A material that remains a superconductor when heated well beyond the boiling point of water has been predicted by physicists in China. Hanyu Liu, Yanming Ma and colleagues at Jilin University have calculated that lithium magnesium hydride will superconduct at temperatures as high as 473 K (200 °C).
The catch is that the hydrogen-rich material must be crushed at 250 GPa, which is on par with pressures at the centre of the Earth. While such a pressure could be achieved in the lab, it would be very difficult to perform an experiment to verify the prediction. The team’s research could, however, lead to the discovery of more practical high-temperature superconductors.
Superconductors are materials that, when cooled below a critical temperature, will conduct electricity with zero resistance. Most superconductors need to be chilled to very low temperatures, so the holy grail of superconductivity research is to find a substance that will superconduct at room temperature. This would result in lossless electricity transmission and boost technologies that rely on the generation or detection of magnetic fields.
Atomic arrangements
Hydrogen-rich materials could provide a route to room-temperature superconductivity because they resemble metallic hydrogen – which is expected to exist at pressures greater than about 400 GPa. While metallic hydrogen has yet to be reliably made in the lab, it is predicted to be a superconductor at room temperature. The idea behind using hydrides instead of pure hydrogen is that the hydrogen atoms in some hydrides are arranged such that high-temperature superconductivity can occur at significantly lower pressures.
Could high-pressure hydrides be high-temperature superconductors?
A key challenge facing physicists looking for suitable hydrides is predicting which materials have the desired crystal structures to support high-temperature superconductivity.

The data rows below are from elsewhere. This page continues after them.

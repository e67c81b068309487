//! Laws that tie the definitions together. Each function's clauses are its laws; none of them does
//! anything. Our profile.
ghost use Rattle.std.specs.Prelude.{◌≡◌};
ghost use Rattle.edge_case.specs.Laws.{ReadsCases, CasesAreOne, ReadsOrders, OrdersAreOne};

use crate::case_text::MAX_CASE;

/// What is read from a text is the case that it spells, and each case that is spelled is read; a text
/// spells at most one case.
pub fn case_texts_are_read()
    ensures read { ReadsCases }
    ensures one { CasesAreOne }
{}

/// The limit of a case text, as a number.
pub fn limit_of_case_texts()
    ensures { MAX_CASE ≡ 67108864 }
{}

/// What is read from a text is the list of events that it writes, and each list that is written is read;
/// a text lists at most one order of events.
pub fn orders_are_read()
    ensures read { ReadsOrders }
    ensures one { OrdersAreOne }
{}
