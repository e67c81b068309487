//! The answers of a case text.
ghost use Rattle.std.specs.Prelude.{◌≡◌, [], Some, None, IfOk, if◌then◌else◌};
ghost use Rattle.std.specs.Option.{option_copied};
ghost use Rattle.edge_case.specs.Case.{value_or_empty};
ghost use Rattle.edge_case.specs.Reading.{got_from, answered_by, with_entry, answers_at, shown_entry};

use crate::bytes::lent_or_empty;
use crate::entry::{Entry, Got, entry_at};
use edge_types::{Answer, InsertFault, NoMemory, Octets, PageUrl, SharedBytes, Table};
use std::alloc::Global;
use std::sync::Arc;
use surrogate_headers::{control, own_device};

// The line after the answers.
const END: &[u8] = b"end\n";

// The largest status.
const MAX_STATUS: u32 = 599;

impl Got<'_> {
    // The answer at a URL, if the edge accepts it.
    fn answer_at(&self, alloc: Global, url: PageUrl) -> Result<Option<Answer>, NoMemory>
        ensures { IfOk result (λ found. found ≡ got_from self.now.status
            (value_or_empty (option_copied self.now.content_type))
            (value_or_empty (option_copied self.now.control)) self.now.body.now url) }
    {
        if self.status > MAX_STATUS {
            return Ok(None);
        }
        let content_type = Octets::copy_of(alloc, lent_or_empty(self.content_type))?;
        let control = control(lent_or_empty(self.control), own_device());
        let body = SharedBytes::copy_of(alloc, self.body)?;
        Ok(Answer::got(url, self.status as u16, content_type, control, body))
    }
}

impl Entry<'_> {
    /// The answer that a written one denotes.
    #[tactic(auto, unfolding(crate::specs::Reading::answered_by))]
    pub(crate) fn answer(&self, alloc: Global) -> Result<Option<Answer>, NoMemory>
        ensures { IfOk result (λ found. found ≡ answered_by (shown_entry self.now)) }
    {
        match self {
            Entry::Failed(url) => match PageUrl::parse(alloc, url)? {
                Some(url) => Ok(Some(Answer::failed(url))),
                None => Ok(None),
            },
            Entry::Got(got) => match PageUrl::parse(alloc, got.url)? {
                Some(url) => got.answer_at(alloc, url),
                None => Ok(None),
            },
        }
    }
}

// Adds the answer that a written one denotes. False if it denotes none, or if its URL
// already has an answer.
#[tactic(auto, unfolding(crate::specs::Reading::with_entry))]
fn add_entry(alloc: Global, table: &mut Table, entry: &Entry<'_>) -> Result<bool, NoMemory>
    ensures { IfOk result (λ added. with_entry table.old (shown_entry entry.now)
        ≡ (if added then Some table.new else None)) }
{
    let Some(answer) = entry.answer(alloc)? else {
        return Ok(false);
    };
    match table.insert(Arc::new(alloc, answer)?) {
        Ok(()) => Ok(true),
        Err((InsertFault::Twice, _)) => Ok(false),
        Err((InsertFault::NoMemory, _)) => Err(NoMemory),
    }
}

/// The answers that a text writes up to its end; `None` if it doesn't write answers and the end.
pub(crate) fn answers_at(alloc: Global, text: &[u8]) -> Result<Option<Table>, NoMemory>
    ensures { IfOk result (λ found. found ≡ answers_at [] text.now) }
{
    let mut table = Table::new(alloc);
    let mut rest = text;
    while let Some((entry, after)) = entry_at(rest) {
        if !add_entry(alloc, &mut table, &entry)? {
            return Ok(None);
        }
        rest = after;
    }
    if rest == END {
        Ok(Some(table))
    } else {
        Ok(None)
    }
}
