//! The draft of a page: its legs and its text so far. Nothing here is recursive.

ghost use Rattle.std.specs.Prelude.{◌≡◌, ◌+◌, ◌<◌, ◌≤◌, ◌↔◌, IsTrue, IfOk, OnOk, None, Some};
ghost use Rattle.std.specs.Bool.{OnTrue};
ghost use Rattle.std.specs.Arc.{arc_value};
ghost use Rattle.edge_types.specs.Answered.{body_of};
ghost use Rattle.esi_vars.specs.Values.{substituted};
ghost use Rattle.esi_meaning.specs.Ending.{Adds, Ends};
ghost use Rattle.esi_meaning.specs.Meaning.{on_error, unprocessed_run};
ghost use Rattle.esi_meaning.specs.Run.{AsksNobody, gives, tries};

use crate::limits::MAX_LEGS;
use edge_types::{Answer, NoMemory, PageBody, Request, SharedBytes};
use esi_tree::OnError;
use esi_vars::{Part, substitute};
use std::alloc::Global;
use std::sync::Arc;

/// How a run ends.
#[derive(Clone, Copy, Debug, Drop, PartialEq, Eq)]
pub(crate) enum Ending {
    /// Its text is at the end of the output.
    Complete,
    /// It failed, and the output is as it was.
    Failed,
    /// It needs one more leg than a page may try.
    TooManyLegs,
}

/// A page as far as it was evaluated.
#[derive(Drop)]
pub(crate) struct Draft {
    /// How many legs were tried.
    pub(crate) legs: u16,
    /// The text so far.
    pub(crate) body: PageBody,
}

/// Outputs a text as it is.
pub(crate) fn push_text(text: &SharedBytes, draft: &mut Draft) -> Result<Ending, NoMemory>
    requires { draft.old.legs ≤ MAX_LEGS }
    ensures { IfOk result
        (Ends (gives (Some text.now)) draft.old draft.new) }
{
    draft.body.push(text.share()?)?;
    Ok(Ending::Complete)
}

/// Outputs a text with the values of its references.
pub(crate) fn push_values(
    alloc: Global,
    request: &Request,
    parts: &[Part],
    draft: &mut Draft,
) -> Result<Ending, NoMemory>
    requires { draft.old.legs ≤ MAX_LEGS }
    ensures { IfOk result
        (Ends (gives (Some (substituted request.now parts.now))) draft.old draft.new) }
{
    let text = substitute(alloc, request, parts)?;
    draft.body.push(SharedBytes::of(text)?)?;
    Ok(Ending::Complete)
}

/// An include that can't be fetched: nothing, or a failure.
pub(crate) fn on_error(asked: OnError) -> Ending
    ensures { (p : Draft) → p.legs ≤ MAX_LEGS → Ends (on_error asked) p p result }
{
    match asked {
        OnError::Continues => Ending::Complete,
        OnError::Fails => Ending::Failed,
    }
}

/// A leg that fetches nothing and has no text.
pub(crate) fn no_leg(draft: &mut Draft) -> Ending
    requires { draft.old.legs ≤ MAX_LEGS }
    ensures { Ends (tries AsksNobody (gives None)) draft.old draft.new result }
{
    if !count_leg(&mut draft.legs) {
        return Ending::TooManyLegs;
    }
    Ending::Failed
}

/// Counts one more leg, unless the page may try no more.
pub(crate) fn count_leg(legs: &mut u16) -> bool
    ensures room { IsTrue result ↔ (legs.old < MAX_LEGS) }
    ensures counted { OnTrue result (legs.new ≡ legs.old + 1) }
{
    if *legs >= MAX_LEGS {
        return false;
    }
    *legs += 1;
    true
}

/// An answer that isn't processed: its body as it is, if the fetch succeeded.
pub(crate) fn unprocessed(answer: &Arc<Answer>, draft: &mut Draft) -> Result<Ending, NoMemory>
    requires { draft.old.legs ≤ MAX_LEGS }
    ensures { IfOk result
        (Ends (unprocessed_run (arc_value answer.now).reply) draft.old draft.new) }
{
    if !answer.succeeded() {
        return Ok(Ending::Failed);
    }
    push_whole(answer, &mut draft.body)?;
    Ok(Ending::Complete)
}

/// Adds an answer's body at the end of a page's, as it is.
pub(crate) fn push_whole(answer: &Arc<Answer>, page: &mut PageBody) -> Result<(), NoMemory>
    ensures { OnOk result (Adds (body_of (arc_value answer.now).reply) page.old page.new) }
{
    page.push(answer.share_body()?)
}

In 2014, Liu, Ma and colleagues came up with a computer simulation that can predict the structures of hydrides at high pressures. This led to the experimental measurement of superconductivity in hydrogen sulphide at 203 K and 150 GPa in 2015. Then the simulation identified the current record holder lanthanum hydride, which has been measured as a superconductor up to about 250 K (-23 °C) when subjected to 170 GPa.
Now the team has extended its search to include ternary hydrides — substances such as lithium magnesium hydride that comprise three different atomic species. While the high-pressure structures of these materials can be harder to predict than binary compounds, the presence of a third atom increases greatly the number of materials that can be investigated.
In the case of lithium magnesium hydride, the team calculates that donor electrons from the lithium atoms prevent the material from breaking-down at high pressures. Describing their work in Physical Review Letters, they say that using donor electrons to stabilize structure at high pressures could pave the way for exploring the properties of more complicated ternary and quaternary hydrides that are high-temperature superconductors.